:: Task goal ::
Read through the data below and state how many of its lines contain the word "ensures", adding nothing.

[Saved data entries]
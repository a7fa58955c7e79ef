//! The text of the trace of a meter's recorder.
ghost use Rattle.std.specs.Prelude.{IfOk};
ghost use Rattle.trace_player.specs.RunTraces.{TellsRun};

use crate::laws::exported_run_is_played;
use crate::writing::write_trace;
use cosem_axdr::Octets;
use relay_recorder::Recorder;
use std::alloc::{AllocError, Global};

/// Returns the text of the trace of a recorder: its opening and the events that it keeps. Played,
/// it prints the lines of these events, with the replies that were given. It is read back as that
/// trace if [`fits_line`](trace_lines::fits_line) accepts each of these events.
pub fn recorder_trace(alloc: Global, recorder: &Recorder) -> Result<Octets, AllocError>
    ensures { IfOk result (TellsRun recorder.now) }
{
    // (no effect: the contract needs this law)
    exported_run_is_played();
    let trace = recorder.export(alloc)?;
    let text = write_trace(alloc, &trace);
    drop(trace);
    text
}
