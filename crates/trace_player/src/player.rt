//! `play`: reads a trace, runs its events on a meter, and writes a line for each.
ghost use Rattle.trace_player.specs.Plays.{Plays, TakesTrace};

use crate::fault::PlayFault;
use crate::output::{PlayedLines, play_text};
use crate::reading::MAX_BYTES;
use counted_io::{Reader, Writer, read_to_end_within};
use std::alloc::Global;
use trace_words::TraceFault;

// Reads all bytes of a reader and plays the trace in them. The bytes are dropped before it
// returns.
fn play_input<R: Reader>(alloc: Global, reader: &mut R) -> Result<PlayedLines, PlayFault>
    requires { R.can_read reader.now }
    ensures { TakesTrace (R.remaining reader.old) (R.failures reader.old) result
        (R.remaining reader.new) (R.failures reader.new) }
{
    let text = read_to_end_within(alloc, reader, MAX_BYTES)?;
    match play_text(alloc, text) {
        Ok(output) => Ok(output),
        Err(TraceFault::Line(number)) => Err(PlayFault::Line(number)),
        Err(TraceFault::Memory) => Err(PlayFault::Memory),
        Err(TraceFault::TooLong) => unreachable!(),
    }
}

/// Plays a trace: reads its text to the end, runs its events on a meter in the state of the
/// opening, and writes a line for each event with the reply and the switch after it. Returns the
/// number of events.
///
/// Nothing is written before the last event has run: after a fault of the text, a failed read or
/// running out of memory the writer is unchanged. Errors: `Line` with the number of the first line
/// that is missing or malformed; `TooLong`; `Read`; `Write`, after which the writer may have taken
/// some of the lines; `Memory`.
pub fn play<R: Reader, W: Writer>(
    alloc: Global,
    reader: &mut R,
    writer: &mut W,
) -> Result<u64, PlayFault>
    requires readable { R.can_read reader.now }
    requires writable { W.can_write writer.now }
    ensures { Plays R.remaining R.failures W.contents W.failures reader.old writer.old result
        reader.new writer.new }
{
    let PlayedLines { lines, count } = play_input(alloc, reader)?;
    match writer.write_all(lines.as_slice()) {
        Ok(()) => Ok(count),
        Err(_) => Err(PlayFault::Write),
    }
}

:: Task result ::
3